One thing is for sure, the Chinese yuan just had its worst drop on record ever since the last currency in 1994. The yuan lost 2.9 percent against the dollar since the end of March to 6.64 on June 30. 

Another sure thing: Brexit didn’t help as the yuan devalued almost one percent in a single day on the Monday after the historic vote. This is where the certainties end and where speculation and confusion starts.

Performance of the Chinese yuan (Bloomberg)

Performance of the Chinese yuan (Bloomberg)

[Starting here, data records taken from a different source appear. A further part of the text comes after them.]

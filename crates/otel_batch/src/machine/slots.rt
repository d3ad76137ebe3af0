//! Looks at the producers of a batch queue, and changes to one of them.

ghost use Rattle.std.specs.Prelude.{◌≡◌, ℕ, ◌≤◌, ◌<◌, sum_by, true, false, [], ◌∷◌, IfOk, IfSome, IfNone};
ghost use Rattle.std.specs.Prelude.{Some, slice_get, slice_set, length, replicate};
ghost use Rattle.otel_batch.specs.Slots.{is_idle, is_refused, is_asking, is_posting, is_resetting};
ghost use Rattle.otel_batch.specs.Slots.{is_holding, number_held, is_answered, span_held};
ghost use Rattle.otel_batch.specs.Slots.{slot_counts, slot_asks, slot_waits};
ghost use Rattle.otel_batch.specs.Messages.{message_names};
ghost use Rattle.otel_batch.specs.ProducerSteps.{after_send};
ghost use Rattle.otel_batch.specs.DrainResult.{IsErrorOf};
ghost use Rattle.otel_batch.specs.DrainEnds.{IsDropped, SaysDropped};
ghost use Rattle.otel_batch.specs.declared.machine.state.Slot.TheVariants as slot;

use crate::machine::state::{Message, Slot};
use circular_buffer::HeapCircularBuffer;
use otel_export::error::{OTelSdkError, OTelSdkResult};
use otel_export::trace::SpanData;
use std::alloc::{AllocError, Global};
use std::mem;

/// Slots that are all idle.
pub(super) fn idle_slots(alloc: Global, producers: usize) -> Result<Vec<Slot>, AllocError>
    ensures { IfOk result (λ slots. slots.items ≡ replicate producers slot.Idle) }
{
    let mut slots = Vec::with_capacity(alloc, producers)?;
    for i in 0..producers {
        slots.push_reserved(Slot::Idle);
    }
    Ok(slots)
}

/// Whether a producer is there, and idle.
pub(super) fn is_idle(slots: &[Slot], p: usize) -> bool
    ensures found { result ≡ true → slice_get slots.now p ≡ Some slot.Idle }
    ensures within { result ≡ true → p < length slots.now }
    ensures other { result ≡ false → is_idle (slice_get slots.now p) ≡ false }
{
    matches!(slots.get(p), Some(Slot::Idle))
}

/// Whether a producer is there, and its span was refused.
pub(super) fn is_refused(slots: &[Slot], p: usize) -> bool
    ensures found { result ≡ true → slice_get slots.now p ≡ Some slot.Refused }
    ensures within { result ≡ true → p < length slots.now }
    ensures other { result ≡ false → is_refused (slice_get slots.now p) ≡ false }
{
    matches!(slots.get(p), Some(Slot::Refused))
}

/// Whether a producer is there, and wants a batch exported.
pub(super) fn is_asking(slots: &[Slot], p: usize) -> bool
    ensures found { result ≡ true → slice_get slots.now p ≡ Some slot.Asking }
    ensures within { result ≡ true → p < length slots.now }
    ensures other { result ≡ false → is_asking (slice_get slots.now p) ≡ false }
{
    matches!(slots.get(p), Some(Slot::Asking))
}

/// Whether a producer is there, and may post its wish.
pub(super) fn is_posting(slots: &[Slot], p: usize) -> bool
    ensures found { result ≡ true → slice_get slots.now p ≡ Some slot.Posting }
    ensures within { result ≡ true → p < length slots.now }
    ensures other { result ≡ false → is_posting (slice_get slots.now p) ≡ false }
{
    matches!(slots.get(p), Some(Slot::Posting))
}

/// Whether a producer is there, and is to take its wish back.
pub(super) fn is_resetting(slots: &[Slot], p: usize) -> bool
    ensures found { result ≡ true → slice_get slots.now p ≡ Some slot.Resetting }
    ensures within { result ≡ true → p < length slots.now }
    ensures other { result ≡ false → is_resetting (slice_get slots.now p) ≡ false }
{
    matches!(slots.get(p), Some(Slot::Resetting))
}

/// The number of the span that a slot holds.
pub(super) fn number_held_at(slots: &[Slot], p: usize) -> Option<u128>
    ensures some { IfSome result (λ n. is_holding (slice_get slots.now p) ≡ true) }
    ensures number { IfSome result (λ n. number_held (slice_get slots.now p) ≡ n) }
    ensures within { IfSome result (λ n. p < length slots.now) }
    ensures none { IfNone result (is_holding (slice_get slots.now p) ≡ false) }
{
    match slots.get(p) {
        Some(Slot::Holding(_, n)) => Some(*n),
        _ => None,
    }
}

/// What a producer is at whose span was queued as the n-th that is counted: from the size of a batch on it wants that
/// exported.
pub(super) fn after_send(batch_size: usize, n: u128) -> Slot
    ensures { result ≡ after_send batch_size n }
{
    if batch_size as u128 <= n {
        Slot::Asking
    } else {
        Slot::Idle
    }
}

/// Puts a slot in the place of another one.
pub(super) fn set_slot(slots: &mut Vec<Slot>, p: usize, slot: Slot)
    requires { p < length slots.old.items }
    ensures { slots.new.items ≡ slice_set slots.old.items p slot }
{
    slots[p] = slot;
}

/// Takes out the span that a slot holds, and leaves another slot.
pub(super) fn take_span(slots: &mut Vec<Slot>, p: usize, after: Slot) -> SpanData
    requires within { p < length slots.old.items }
    requires holding { is_holding (slice_get slots.old.items p) ≡ true }
    ensures span { span_held (slice_get slots.old.items p) ≡ result ∷ [] }
    ensures after { slots.new.items ≡ slice_set slots.old.items p after }
{
    match mem::replace(&mut slots[p], after) {
        Slot::Holding(span, _) => span,
        _ => unreachable!(),
    }
}

/// Takes out the answer that a slot has, which is idle from then on.
pub(super) fn take_answer(slots: &mut Vec<Slot>, p: usize) -> Option<OTelSdkResult>
    ensures some { IfSome result (λ r. slice_get slots.old.items p ≡ Some (slot.Answered r)) }
    ensures after { IfSome result (λ _. slots.new.items ≡ slice_set slots.old.items p slot.Idle) }
    ensures none { IfNone result (is_answered (slice_get slots.old.items p) ≡ false) }
    ensures same { IfNone result (slots.new.items ≡ slots.old.items) }
{
    let Some(Slot::Answered(_)) = slots.get(p) else {
        return None;
    };
    match mem::replace(&mut slots[p], Slot::Idle) {
        Slot::Answered(answer) => Some(answer),
        _ => unreachable!(),
    }
}

/// The error of an answer, without the text of a failure.
pub(super) fn error_of(answer: &OTelSdkResult, alloc: Global) -> Option<OTelSdkError>
    ensures { IsErrorOf answer.now result }
{
    match answer {
        Ok(()) => None,
        Err(OTelSdkError::AlreadyShutdown) => Some(OTelSdkError::AlreadyShutdown),
        Err(OTelSdkError::Timeout(duration)) => Some(OTelSdkError::Timeout(*duration)),
        Err(OTelSdkError::InternalFailure(_)) => {
            Some(OTelSdkError::InternalFailure(String::new(alloc)))
        }
        Err(OTelSdkError::OutOfMemory) => Some(OTelSdkError::OutOfMemory),
    }
}

/// Drops every message of the control queue, and answers each request among them with an error.
pub(super) fn drop_requests(
    messages: &mut HeapCircularBuffer<Message>,
    slots: &mut Vec<Slot>,
    alloc: Global,
)
    requires { (p : ℕ) → sum_by (message_names p) messages.old.items ≤ slot_waits (slice_get slots.old.items p) }
    ensures empty { messages.new.items ≡ [] }
    ensures capacity { messages.new.capacity ≡ messages.old.capacity }
    ensures dropped { (p : ℕ) → IsDropped (sum_by (message_names p) messages.old.items)
        (slice_get slots.old.items p) (slice_get slots.new.items p) }
    ensures len { length slots.new.items ≡ length slots.old.items }
    ensures counts { sum_by slot_counts slots.new.items ≡ sum_by slot_counts slots.old.items }
    ensures asks { sum_by slot_asks slots.new.items ≡ sum_by slot_asks slots.old.items }
{
    while let Some(message) = messages.pop_front() {
        match message {
            Message::Flush(p) => set_slot(slots, p, dropped_by_shutdown(alloc)),
            Message::Shutdown(p) => set_slot(slots, p, dropped_by_shutdown(alloc)),
            Message::Export => {}
            Message::Resource(_) => {}
        }
    }
}

/// The answer to a request that a shutdown found in the control queue. Where there is no memory for its text, the text
/// is empty.
fn dropped_by_shutdown(alloc: Global) -> Slot
    ensures { SaysDropped (Some result) }
{
    let reason = match String::from_str(alloc, "request dropped by shutdown") {
        Ok(reason) => reason,
        Err(_) => String::new(alloc),
    };
    Slot::Answered(Err(OTelSdkError::InternalFailure(reason)))
}
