//! Runs of steps that are taken at once, by whoever is the only producer: what each does is a run of the table's steps,
//! without a look at the table for each span.

ghost use Rattle.std.specs.Prelude.{◌≡◌, Some, slice_get};

use crate::machine::batch_machine::BatchMachine;
use crate::machine::queue::{batch_limit, is_sampled, post_message, queue_span};
use crate::machine::state::{Message, Worker};
use otel_export::trace::{SpanData, SpanExporter};

impl<E: SpanExporter> BatchMachine<E> {
    ghost use Rattle.otel_batch.specs.WorkedOff.{OffersSpan, PullsBatch, next_of_worker};
    ghost use Rattle.otel_batch.specs.declared.machine.state.Slot.TheVariants as slot;
    ghost use Rattle.otel_batch.specs.declared.machine.step.Step.TheVariants as step;

    /// The first producer, which is idle, offers a span and does what is then to be done with it: the span waits, or is
    /// dropped, since it is not sampled or finds the queue closed or full.
    #[inline(always)]
    #[tactic(auto, using(crate::proofs::SlotSums::slot_sums))]
    pub fn put(&mut self, span: SpanData)
        requires { slice_get self.old.control.slots 0 ≡ Some slot.Idle }
        ensures { OffersSpan E.SpanExporter self.old span self.new }
    {
        self.is_sound();
        if !is_sampled(&span) {
            drop(span);
            return;
        }
        if self.closed {
            drop(span);
            return;
        }
        if !queue_span(&mut self.waiting, span) {
            self.dropped = self.dropped.saturating_add(1);
            return;
        }
        self.counter += 1;
        if self.counter < self.batch_size as u128 {
            return;
        }
        if self.flag {
            return;
        }
        if post_message(&mut self.messages, Message::Export) {
            self.flag = true;
        }
    }

    /// The worker, which pulls, fills its hand, up to where that is a batch or no span waits. Where there is no memory
    /// for a batch its drain ends.
    pub fn pull_batch(&mut self)
        requires { next_of_worker self.old.control ≡ Some step.Pull }
        ensures { PullsBatch E.SpanExporter self.old self.new }
    {
        self.is_sound();
        let _ = self.pull();
        self.is_sound();
        let Worker::Pulling = self.worker else {
            return;
        };
        // The first pull took the room of a whole batch.
        let limit = batch_limit(
            self.waiting.capacity(),
            self.batch_size,
            self.target,
            self.done,
        );
        let room = limit - self.hand.len();
        self.waiting.pop_into(&mut self.hand, room);
        self.worker = Worker::Handing;
    }
}
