//! What the state of a batch queue is made of: what each producer is at, what the worker is at, and the messages of the
//! control queue by which the worker learns what is asked of it.

use otel_export::error::OTelSdkResult;
use otel_export::trace::SpanData;
use otel_resource::resource::Resource;

/// What a producer asks of the worker, and waits for.
#[derive(Clone, Copy, Debug, PartialEq, Eq)]
pub enum Request {
    Flush,
    Shutdown,
}

/// Why the worker drains the queue.
#[derive(Clone, Copy, Debug, PartialEq, Eq)]
pub enum Why {
    /// A batch was full.
    Asked,
    Timer,
    /// This producer asked for a flush.
    Flush(usize),
    /// This producer asked for a shutdown.
    Shutdown(usize),
}

/// A message of the control queue.
#[derive(Debug, Drop)]
pub enum Message {
    Export,
    Flush(usize),
    Shutdown(usize),
    Resource(Resource),
}

/// What a producer is at.
#[derive(Debug, Drop)]
pub enum Slot {
    Idle,
    /// It holds a span that is counted, and the counter as it was then.
    Holding(SpanData, u128),
    /// Its span was refused, and is still counted.
    Refused,
    /// A batch is full, and the producer wants it exported.
    Asking,
    /// It may post its wish.
    Posting,
    /// Its wish found no room, and is to be taken back.
    Resetting,
    Waiting(Request),
    Answered(OTelSdkResult),
}

/// What the worker is at.
#[derive(Clone, Copy, Debug, PartialEq, Eq)]
pub enum Worker {
    Ready,
    /// It has seen the wish to export.
    Clearing,
    /// A drain is to start.
    Loading(Why),
    /// It fills its hand.
    Pulling,
    /// Its hand is a batch.
    Handing,
    /// So many spans were handed over, and are still counted.
    Subtracting(usize),
    Finishing,
    /// This producer's shutdown is to be completed.
    Closing(usize),
    Gone,
}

It is speculation that China used the cover of Brexit to ease renewed pressure from capital outflows, which ebbed off to $20-$30 billion per month after $100+ billion run-rates in the first two months of the year. The 1 percent drop on Monday took the currency close to six year lows and could have been a welcome opportunity to do this, as everybody else was watching how markets in Europe reacted to the Brexit. Before, China’s currency has been dominating headlines and global markets since the first surprise devaluation in August of last year and any sharp devaluation was not received well.  

On the other hand, traders could have just taken some risk off the table because of the global spike in volatility. Another indication that the Chinese currency will enter the safe haven status anytime soon. 

On the policy side, things are even more confusing. Despite the steep drop and relative volatility, Chinese state newspapers want the world to believe that there is no pressure on the currency. “Although the yuan’s mid-point fell against the U.S. dollar on consecutive days, the mood in both on-shore and off-shore markets is basically stable with no signs of panic-selling or a scramble for foreign currencies,” the Shanghai Securities News reported, citing industry experts as saying.

Panic selling is a vague term and may be more applicable to the British pound, but stability in the onshore and offshore yuan markets also looks different. 

Although the regime is maximizing for stability, it doesn’t mind that Reuters quotes other government economists later in the week who claim the central bank would be happy to see the yuan at a rate of 6.8 per dollar. “The central bank is willing to see yuan depreciation, as long as depreciation expectations are under control,” Reuters cites unidentified sources.

The place to start getting things control: Unidentified economists.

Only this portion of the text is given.